Au Québec, les courants islamistes intensifient leur offensive contre la laïcité, exigeant désormais l’embauche d’enseignants universitaires musulmans pour imposer leur point de vue au sein des institutions. Un texte du politologue André Lamoureux.
Le récent appel d’Amira Elghawaby enjoignant le Québec à embaucher plus d’enseignants musulmans, palestiniens ou arabes dans les universités a fait sursauter des pans entiers de la population québécoise. Avec raison.
On lui reproche de vouloir faire prévaloir les croyances religieuses musulmanes dans les processus d’embauche des universités québécoises et de défier une compétence exclusive de la province.
On lui a rappelé aussi que les enseignants des universités québécoises, cégeps et écoles publiques ne sont pas engagés en vertu de leurs croyances religieuses.
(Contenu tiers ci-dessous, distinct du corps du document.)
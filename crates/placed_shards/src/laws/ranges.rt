//! Laws of ranges of hashes.

ghost use Rattle.std.specs.Prelude.{◌≡◌, List, flat_map, Option, None};
ghost use Rattle.xet_base.specs.declared.merklehash.DataHash.{DataHash};
ghost use Rattle.placed_shards.specs.declared.range.HashRange.{HashRange};
ghost use Rattle.placed_shards.specs.Agreement.{IsAgreedUnionOf};
ghost use Rattle.placed_shards.specs.Content.{Content, AscendBoth, content_within};
ghost use Rattle.placed_shards.specs.Ranges.{ranges_between, AreCuts};
ghost use Rattle.placed_shards.specs.Unions.{IsUnionOf, IsDifferenceOf};

/// Law: what is outside a range can be left out before or after a union (`union`), a union of
/// shards that have to agree (`agreed`), or a difference (`difference`).
pub fn within_of_union()
    ensures union { (range : HashRange) → (c d made : Content) → IsUnionOf c d made
        → IsUnionOf (content_within range c) (content_within range d) (content_within range made) }
    ensures agreed { (range : HashRange) → (c d made : Content) → IsAgreedUnionOf c d made
        → IsAgreedUnionOf (content_within range c) (content_within range d)
        (content_within range made) }
    ensures difference { (range : HashRange) → (c d made : Content) → IsDifferenceOf c d made
        → IsDifferenceOf (content_within range c) (content_within range d)
        (content_within range made) }
{}

/// Law: of a shard whose hashes ascend, adjacent ranges have in turn the files and the xorbs
/// between the outer bounds (`files_between`, `xorbs_between`), without bounds all (`files`,
/// `xorbs`).
pub fn ranges_make_the_whole()
    ensures files { (cuts : List DataHash) → (c : Content) → AreCuts None cuts None → AscendBoth c
        → flat_map (λ range. (content_within range c).files) (ranges_between None cuts None)
        ≡ c.files }
    ensures xorbs { (cuts : List DataHash) → (c : Content) → AreCuts None cuts None → AscendBoth c
        → flat_map (λ range. (content_within range c).xorbs) (ranges_between None cuts None)
        ≡ c.xorbs }
    ensures files_between { (from : Option DataHash) → (cuts : List DataHash)
        → (to : Option DataHash) → (c : Content) → AreCuts from cuts to → AscendBoth c
        → flat_map (λ range. (content_within range c).files) (ranges_between from cuts to)
        ≡ (content_within (record { from = from; to = to }) c).files }
    ensures xorbs_between { (from : Option DataHash) → (cuts : List DataHash)
        → (to : Option DataHash) → (c : Content) → AreCuts from cuts to → AscendBoth c
        → flat_map (λ range. (content_within range c).xorbs) (ranges_between from cuts to)
        ≡ (content_within (record { from = from; to = to }) c).xorbs }
{}
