//! Laws of merges of lists.

ghost use Rattle.std.specs.Prelude.{◌≡◌, ◌<◌, ℕ, List, flat_map, length, Contains, None, true};
ghost use Rattle.std.specs.List.{AllZip};
ghost use Rattle.xet_base.specs.declared.error.CoreError.{CoreError};
ghost use Rattle.xet_base.specs.declared.merklehash.DataHash.{DataHash};
ghost use Rattle.xet_shards.specs.Content.Joins.{IsJoinOf, AgreePairwise};
ghost use Rattle.xet_shards.specs.Content.Shard.{Shard};
ghost use Rattle.xet_core_structures.specs.Records.ShardContents.{HoldsShard};
ghost use Rattle.xet_core_structures.specs.Trees.MergeTrees.{MergeRefused};
ghost use Rattle.placed_shards.specs.declared.placed_shard.PlacedShard.{PlacedShard};
ghost use Rattle.placed_shards.specs.declared.range.HashRange.{HashRange};
ghost use Rattle.placed_shards.specs.declared.selection.Selection.{Selection};
ghost use Rattle.placed_shards.specs.declared.strict.Agreed.{Agreed};
ghost use Rattle.placed_shards.specs.declared.strict.Agreed.TheVariants.{Made};
ghost use Rattle.placed_shards.specs.ByTables.{OpensByTables};
ghost use Rattle.placed_shards.specs.Content.{Content, content, content_within};
ghost use Rattle.placed_shards.specs.MergedLists.{HoldsSelected, IsMergeOf, MergeRefusal, IsMergeOfList, IsPartOf, shard_content};
ghost use Rattle.placed_shards.specs.Ranges.{is_within, ranges_between, AreCuts};
ghost use Rattle.placed_shards.specs.Selections.{all_records, by_scan, by_tables, OpensWithin};
ghost use Rattle.placed_shards.specs.Strict.{AreAgreeing, IsAgreedOr, AgreedRefusal, IsJoinedMerge};

/// Law: a scan of bytes that hold a well-formed shard selects its records in the range (`one`). Of
/// shards under one key that agree pairwise, these parts agree, and their join is the part of the
/// join (`list`), without bounds all of it (`all`), as `one_byte_string` of
/// [`merge`](crate::merge::merge) wants.
pub fn held_shards_are_selected()
    ensures one { (range : HashRange) → (key : DataHash) → (s part : Shard) → (x : List ℕ)
        → HoldsShard key s x → IsPartOf (is_within range) s part
        → HoldsSelected (by_scan range) key x part }
    ensures list { (range : HashRange) → (key : DataHash) → (shards : List Shard)
        → (inputs : List (List ℕ)) → (join part : Shard) → 0 < length inputs
        → AllZip (HoldsShard key) shards inputs → AgreePairwise (Contains shards)
        → IsJoinOf (Contains shards) join → IsPartOf (is_within range) join part
        → (parts : List Shard) × IsMergeOfList (by_scan range) key inputs parts part }
    ensures all { (key : DataHash) → (shards : List Shard) → (inputs : List (List ℕ))
        → (join : Shard) → 0 < length inputs → AllZip (HoldsShard key) shards inputs
        → AgreePairwise (Contains shards) → IsJoinOf (Contains shards) join
        → IsMergeOfList all_records key inputs shards join }
{}

/// Law: of lists as `one_byte_string` of `merge` wants, the records are well-formed and agree
/// (`agree`), and [`merge_agreeing`](crate::strict::merge_agreeing) makes their join (`made`), or
/// fails for its rows or for memory (`refused`).
pub fn lists_that_agree_are_joined()
    ensures agree { (selection : Selection) → (key : DataHash) → (inputs : List (List ℕ))
        → (parts : List Shard) → (join : Shard) → IsMergeOfList selection key inputs parts join
        → AreAgreeing selection inputs }
    ensures made { (selection : Selection) → (key : DataHash) → (inputs : List (List ℕ))
        → (parts : List Shard) → (join : Shard) → IsMergeOfList selection key inputs parts join
        → (agreed : Agreed PlacedShard) → IsAgreedOr selection inputs
        (λ made. (made.as_read ≡ true) × IsJoinedMerge selection inputs (content made)) agreed
        → (made : PlacedShard) × (agreed ≡ Made made) × (content made ≡ shard_content key join) }
    ensures refused { (selection : Selection) → (key : DataHash) → (inputs : List (List ℕ))
        → (parts : List Shard) → (join : Shard) → IsMergeOfList selection key inputs parts join
        → (e : CoreError) → AgreedRefusal selection inputs (MergeRefusal selection inputs) e
        → MergeRefused join e }
{}

/// Law: merges by tables in ranges that partition the hashes, if there is one in each, are those by
/// a scan (`lose_no_record`). In one range a merge by a scan is that by tables if the tables of
/// each input find its records there (`find_records`).
pub fn merges_by_tables_are_merges()
    ensures lose_no_record { (inputs : List (List ℕ)) → (cuts : List DataHash)
        → (merges : List Content) → AreCuts None cuts None
        → AllZip (λ range made. IsMergeOf (by_tables range) inputs made)
        (ranges_between None cuts None) merges
        → AllZip (λ range made. IsMergeOf (by_scan range) inputs made)
        (ranges_between None cuts None) merges }
    ensures find_records { (range : HashRange) → (inputs : List (List ℕ)) → (made : Content)
        → ((x : List ℕ) → Contains inputs x → (c : Content) → OpensWithin range x c
        → OpensByTables range x c) → IsMergeOf (by_scan range) inputs made
        → IsMergeOf (by_tables range) inputs made }
{}

/// Law: inputs have at most one merge, agreeing or not (`one`). The records in a range of the merge
/// of all are the merge of the range (`within`), so merges in ranges that partition the hashes have
/// in turn its files (`files`) and its xorbs (`xorbs`).
pub fn merges_of_ranges_make_the_whole()
    ensures one { (selection : Selection) → (inputs : List (List ℕ)) → (m n : Content)
        → IsMergeOf selection inputs m → IsMergeOf selection inputs n → m ≡ n }
    ensures within { (range : HashRange) → (inputs : List (List ℕ)) → (whole : Content)
        → IsMergeOf all_records inputs whole
        → IsMergeOf (by_scan range) inputs (content_within range whole) }
    ensures files { (inputs : List (List ℕ)) → (whole : Content) → IsMergeOf all_records inputs whole
        → (cuts : List DataHash) → (parts : List Content) → AreCuts None cuts None
        → AllZip (λ range part. IsMergeOf (by_scan range) inputs part)
        (ranges_between None cuts None) parts → flat_map (λ part. part.files) parts ≡ whole.files }
    ensures xorbs { (inputs : List (List ℕ)) → (whole : Content) → IsMergeOf all_records inputs whole
        → (cuts : List DataHash) → (parts : List Content) → AreCuts None cuts None
        → AllZip (λ range part. IsMergeOf (by_scan range) inputs part)
        (ranges_between None cuts None) parts → flat_map (λ part. part.xorbs) parts ≡ whole.xorbs }
{}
Seulement en fonction de leurs diplômes, compétences et expériences professionnelles.
Une telle requête est aussi un affront contre le caractère laïque de l’État. Il fut une époque lointaine où l’État, les écoles et les universités étaient animés par les Frères des écoles chrétiennes ou les Jésuites, mais tout cela est du passé, sans possibilité de retour en arrière, même au nom de l’islam.
Plus que tout, l’initiative d’Amira Elghawaby soulève un enjeu qui dépasse les frontières du Québec et du Canada. Elle ressemble étrangement à la stratégie privilégiée par les Frères musulmans dans toutes les démocraties libérales.
L’idée est bien connue. Il s’agit d’utiliser la démocratie comme «cheval de Troie» pour y imposer peu à peu les règles et principes coraniques; de la rogner à petit feu et finalement la défigurer.
Sinon la détruire. À cet égard, un tracé très révélateur et inquiétant s’est manifesté au Canada depuis 2016 sous la gouverne de Justin Trudeau et la bonne collaboration de Pablo Rodriguez.
Les quatre étapes d’un dérapage
En premier lieu, ce fut la présentation et l’adoption par la Chambre des communes, le 23 mars 2017, de la motion M-103 pilotée par la députée libérale Iqra Khalid pour contrer la prétendue montée de «l’islamophobie» et du «racisme systémique» qui rongerait le Canada et le Québec. Solidaires de Justin Trudeau, le PLC (dont Pablo Rodriguez) et le NPD ont voté en faveur de cette motion, tandis que les conservateurs et les bloquistes s’y sont opposés.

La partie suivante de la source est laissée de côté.